■ Activity:
What is needed is an exact copy of all the records.

■ Source information:
[Start of Attachment]
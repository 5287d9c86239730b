//! The mapping: the kinds of the fields of events.
ghost use Rattle.std.specs.Prelude.{◌≡◌, ◌≤◌, length};
ghost use Rattle.serde_json.specs.View.{view, members_view};
ghost use Rattle.eql_check.specs.Kinds.{kind_at};
ghost use Rattle.eql_check.specs.Mappings.{NamesAscend, fields_if_few, fields_of, kind_named, mapping_in, mapping_of};
ghost use Rattle.eql_check.specs.MappingAnswers.{Reads};
ghost use Rattle.eql_check.specs.Wants.{map_memory};

use crate::json::read_json;
use eql_values::{Kind, Memory, NameKinds, Text};
use serde_json::{Map, Value};
use std::alloc::{AllocError, AllocFailed, Global};
use std::marker::Model;

/// The most bytes of a mapping's text.
const LONGEST_MAPPING: usize = 4_194_304;

/// The most names of a mapping.
const MOST_NAMES: usize = 1024;

/// Why a mapping is refused.
#[derive(Debug, Drop)]
pub enum MapRefused {
    /// The text has more than 4,194,304 bytes.
    MapLong,
    /// The text is no JSON object.
    MapSyntax,
    /// There are more than 1,024 different names.
    MapMany,
    /// What stands under this name is none of `keyword`, `long`, `boolean` and `ip`. It is the first such name in the
    /// order of bytes.
    MapKind {
        /// The name.
        name: Text,
    },
    /// Memory ran out.
    Memory,
}

impl From<Memory> for MapRefused {
    ghost use Rattle.eql_check.specs.Wants.{map_memory};

    ghost from_gives = { λ _ r. r ≡ map_memory };

    fn from(_error: Memory) -> MapRefused {
        MapRefused::Memory
    }
}

impl From<AllocError> for MapRefused {
    ghost use Rattle.eql_check.specs.Wants.{map_memory};

    ghost from_gives = { λ _ r. r ≡ map_memory };

    fn from(_error: AllocError) -> MapRefused {
        MapRefused::Memory
    }
}

impl<T: Drop> From<AllocFailed<T>> for MapRefused {
    ghost use Rattle.eql_check.specs.Wants.{map_memory};

    ghost from_gives = { λ _ r. r ≡ map_memory };

    fn from(_error: AllocFailed<T>) -> MapRefused {
        MapRefused::Memory
    }
}

/// The kinds of the fields of events, by their names. The names stand in the order of their bytes, each once, and are at
/// most 1,024.
#[derive(Drop)]
pub struct Mapping {
    names: NameKinds,
}

impl Model for Mapping {
    ghost use Rattle.std.specs.Prelude.{List, ℕ};
    ghost use Rattle.eql_values.specs.declared.value.Kind.{Kind as FieldKind};
    ghost use Rattle.eql_check.specs.Mappings.{AreInOrder};

    ghost Value = { List (List ℕ × FieldKind) };

    ghost view = { λ m. m.names };

    ghost invariant = { λ m. AreInOrder m.names };
}

impl Mapping {
    /// Reads a mapping: a JSON object from names of fields to `keyword`, `long`, `boolean` or `ip`. Of a name that is
    /// written twice the last kind counts. The refusals are tried in the order of `MapRefused`. `Memory` comes where
    /// memory ran out, whatever rule is broken.
    pub fn read(alloc: Global, bytes: &[u8]) -> Result<Mapping, MapRefused>
        ensures { Reads result (mapping_of bytes.now) }
    {
        if bytes.len() > LONGEST_MAPPING {
            return Err(MapRefused::MapLong);
        }
        match read_json(alloc, bytes)? {
            Some(value) => of_value(alloc, &value),
            None => Err(MapRefused::MapSyntax),
        }
    }

    /// The names with their kinds, in the order of the names' bytes.
    pub fn names(&self) -> &NameKinds
        ensures same { result.now ≡ self.now }
        ensures order { NamesAscend self.now }
        ensures few { length self.now ≤ 1024 }
    {
        &self.names
    }

    /// The kind of a field, where the mapping has it.
    pub fn kind(&self, name: &Text) -> Option<Kind>
        ensures { result ≡ kind_at self.now name.now }
    {
        find(self.names.items(), name)
    }
}

/// The kind that a list in the order of its names gives to a name.
fn find(fields: &[(Text, Kind)], name: &Text) -> Option<Kind>
    requires { NamesAscend fields.now }
    ensures { result ≡ kind_at fields.now name.now }
{
    match fields.binary_search_by(|field| field.0.cmp(name)) {
        Ok(place) => Some(fields[place].1),
        Err(_) => None,
    }
}

/// The mapping that a value is.
fn of_value(alloc: Global, value: &Value) -> Result<Mapping, MapRefused>
    ensures { Reads result (mapping_in (view value.now)) }
{
    match value {
        Value::Object(members) => of_members(alloc, members),
        _ => Err(MapRefused::MapSyntax),
    }
}

/// The mapping of an object, where it has at most 1,024 members.
#[tactic(auto, using(crate::proofs::Fields::count_members))]
fn of_members(alloc: Global, members: &Map<String, Value>) -> Result<Mapping, MapRefused>
    ensures { Reads result (fields_if_few (members_view members.now.entries)) }
{
    if members.len() > MOST_NAMES {
        return Err(MapRefused::MapMany);
    }
    let names = fields(alloc, members)?;
    Ok(Mapping { names })
}

/// The fields of an object.
#[tactic(auto, using(crate::proofs::Fields::one_more_field))]
fn fields(alloc: Global, members: &Map<String, Value>) -> Result<NameKinds, MapRefused>
    ensures { Reads result (fields_of (members_view members.now.entries)) }
{
    let mut fields = Vec::new(alloc);
    for (name, value) in members.iter() {
        let name = Text::of(name.clone()?);
        match kind_of_text(value) {
            Some(kind) => fields.push((name, kind))?,
            None => return Err(MapRefused::MapKind { name }),
        }
    }
    Ok(NameKinds::of(fields))
}

/// The kind that a member of the object names.
fn kind_of_text(value: &Value) -> Option<Kind>
    ensures { result ≡ kind_named (view value.now) }
{
    let Value::String(text) = value else {
        return None;
    };
    match text.as_str() {
        "keyword" => Some(Kind::Text),
        "long" => Some(Kind::Long),
        "boolean" => Some(Kind::Bool),
        "ip" => Some(Kind::Ip),
        _ => None,
    }
}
[End of Attachment]
■ Solution to this task:
repository 5287d9c86239730b
//! The mapping: the kinds of the fields of events.
ghost use Rattle.std.specs.Prelude.{◌≡◌, ◌≤◌, length};
ghost use Rattle.serde_json.specs.View.{view, members_view};
ghost use Rattle.eql_check.specs.Kinds.{kind_at};
ghost use Rattle.eql_check.specs.Mappings.{NamesAscend, fields_if_few, fields_of, kind_named, mapping_in, mapping_of};
ghost use Rattle.eql_check.specs.MappingAnswers.{Reads};
ghost use Rattle.eql_check.specs.Wants.{map_memory};

use crate::json::read_json;
use eql_values::{Kind, Memory, NameKinds, Text};
use serde_json::{Map, Value};
use std::alloc::{AllocError, AllocFailed, Global};
use std::marker::Model;

/// The most bytes of a mapping's text.
const LONGEST_MAPPING: usize = 4_194_304;

/// The most names of a mapping.
const MOST_NAMES: usize = 1024;

/// Why a mapping is refused.
#[derive(Debug, Drop)]
pub enum MapRefused {
    /// The text has more than 4,194,304 bytes.
    MapLong,
    /// The text is no JSON object.
    MapSyntax,
    /// There are more than 1,024 different names.
    MapMany,
    /// What stands under this name is none of `keyword`, `long`, `boolean` and `ip`. It is the first such name in the
    /// order of bytes.
    MapKind {
        /// The name.
        name: Text,
    },
    /// Memory ran out.
    Memory,
}

impl From<Memory> for MapRefused {
    ghost use Rattle.eql_check.specs.Wants.{map_memory};

    ghost from_gives = { λ _ r. r ≡ map_memory };

    fn from(_error: Memory) -> MapRefused {
        MapRefused::Memory
    }
}

impl From<AllocError> for MapRefused {
    ghost use Rattle.eql_check.specs.Wants.{map_memory};

    ghost from_gives = { λ _ r. r ≡ map_memory };

    fn from(_error: AllocError) -> MapRefused {
        MapRefused::Memory
    }
}

impl<T: Drop> From<AllocFailed<T>> for MapRefused {
    ghost use Rattle.eql_check.specs.Wants.{map_memory};

    ghost from_gives = { λ _ r. r ≡ map_memory };

    fn from(_error: AllocFailed<T>) -> MapRefused {
        MapRefused::Memory
    }
}

/// The kinds of the fields of events, by their names. The names stand in the order of their bytes, each once, and are at
/// most 1,024.
#[derive(Drop)]
pub struct Mapping {
    names: NameKinds,
}

impl Model for Mapping {
    ghost use Rattle.std.specs.Prelude.{List, ℕ};
    ghost use Rattle.eql_values.specs.declared.value.Kind.{Kind as FieldKind};
    ghost use Rattle.eql_check.specs.Mappings.{AreInOrder};

    ghost Value = { List (List ℕ × FieldKind) };

    ghost view = { λ m. m.names };

    ghost invariant = { λ m. AreInOrder m.names };
}

impl Mapping {
    /// Reads a mapping: a JSON object from names of fields to `keyword`, `long`, `boolean` or `ip`. Of a name that is
    /// written twice the last kind counts. The refusals are tried in the order of `MapRefused`. `Memory` comes where
    /// memory ran out, whatever rule is broken.
    pub fn read(alloc: Global, bytes: &[u8]) -> Result<Mapping, MapRefused>
        ensures { Reads result (mapping_of bytes.now) }
    {
        if bytes.len() > LONGEST_MAPPING {
            return Err(MapRefused::MapLong);
        }
        match read_json(alloc, bytes)? {
            Some(value) => of_value(alloc, &value),
            None => Err(MapRefused::MapSyntax),
        }
    }

    /// The names with their kinds, in the order of the names' bytes.
    pub fn names(&self) -> &NameKinds
        ensures same { result.now ≡ self.now }
        ensures order { NamesAscend self.now }
        ensures few { length self.now ≤ 1024 }
    {
        &self.names
    }

    /// The kind of a field, where the mapping has it.
    pub fn kind(&self, name: &Text) -> Option<Kind>
        ensures { result ≡ kind_at self.now name.now }
    {
        find(self.names.items(), name)
    }
}

/// The kind that a list in the order of its names gives to a name.
fn find(fields: &[(Text, Kind)], name: &Text) -> Option<Kind>
    requires { NamesAscend fields.now }
    ensures { result ≡ kind_at fields.now name.now }
{
    match fields.binary_search_by(|field| field.0.cmp(name)) {
        Ok(place) => Some(fields[place].1),
        Err(_) => None,
    }
}

/// The mapping that a value is.
fn of_value(alloc: Global, value: &Value) -> Result<Mapping, MapRefused>
    ensures { Reads result (mapping_in (view value.now)) }
{
    match value {
        Value::Object(members) => of_members(alloc, members),
        _ => Err(MapRefused::MapSyntax),
    }
}

/// The mapping of an object, where it has at most 1,024 members.
#[tactic(auto, using(crate::proofs::Fields::count_members))]
fn of_members(alloc: Global, members: &Map<String, Value>) -> Result<Mapping, MapRefused>
    ensures { Reads result (fields_if_few (members_view members.now.entries)) }
{
    if members.len() > MOST_NAMES {
        return Err(MapRefused::MapMany);
    }
    let names = fields(alloc, members)?;
    Ok(Mapping { names })
}

/// The fields of an object.
#[tactic(auto, using(crate::proofs::Fields::one_more_field))]
fn fields(alloc: Global, members: &Map<String, Value>) -> Result<NameKinds, MapRefused>
    ensures { Reads result (fields_of (members_view members.now.entries)) }
{
    let mut fields = Vec::new(alloc);
    for (name, value) in members.iter() {
        let name = Text::of(name.clone()?);
        match kind_of_text(value) {
            Some(kind) => fields.push((name, kind))?,
            None => return Err(MapRefused::MapKind { name }),
        }
    }
    Ok(NameKinds::of(fields))
}

/// The kind that a member of the object names.
fn kind_of_text(value: &Value) -> Option<Kind>
    ensures { result ≡ kind_named (view value.now) }
{
    let Value::String(text) = value else {
        return None;
    };
    match text.as_str() {
        "keyword" => Some(Kind::Text),
        "long" => Some(Kind::Long),
        "boolean" => Some(Kind::Bool),
        "ip" => Some(Kind::Ip),
        _ => None,
    }
}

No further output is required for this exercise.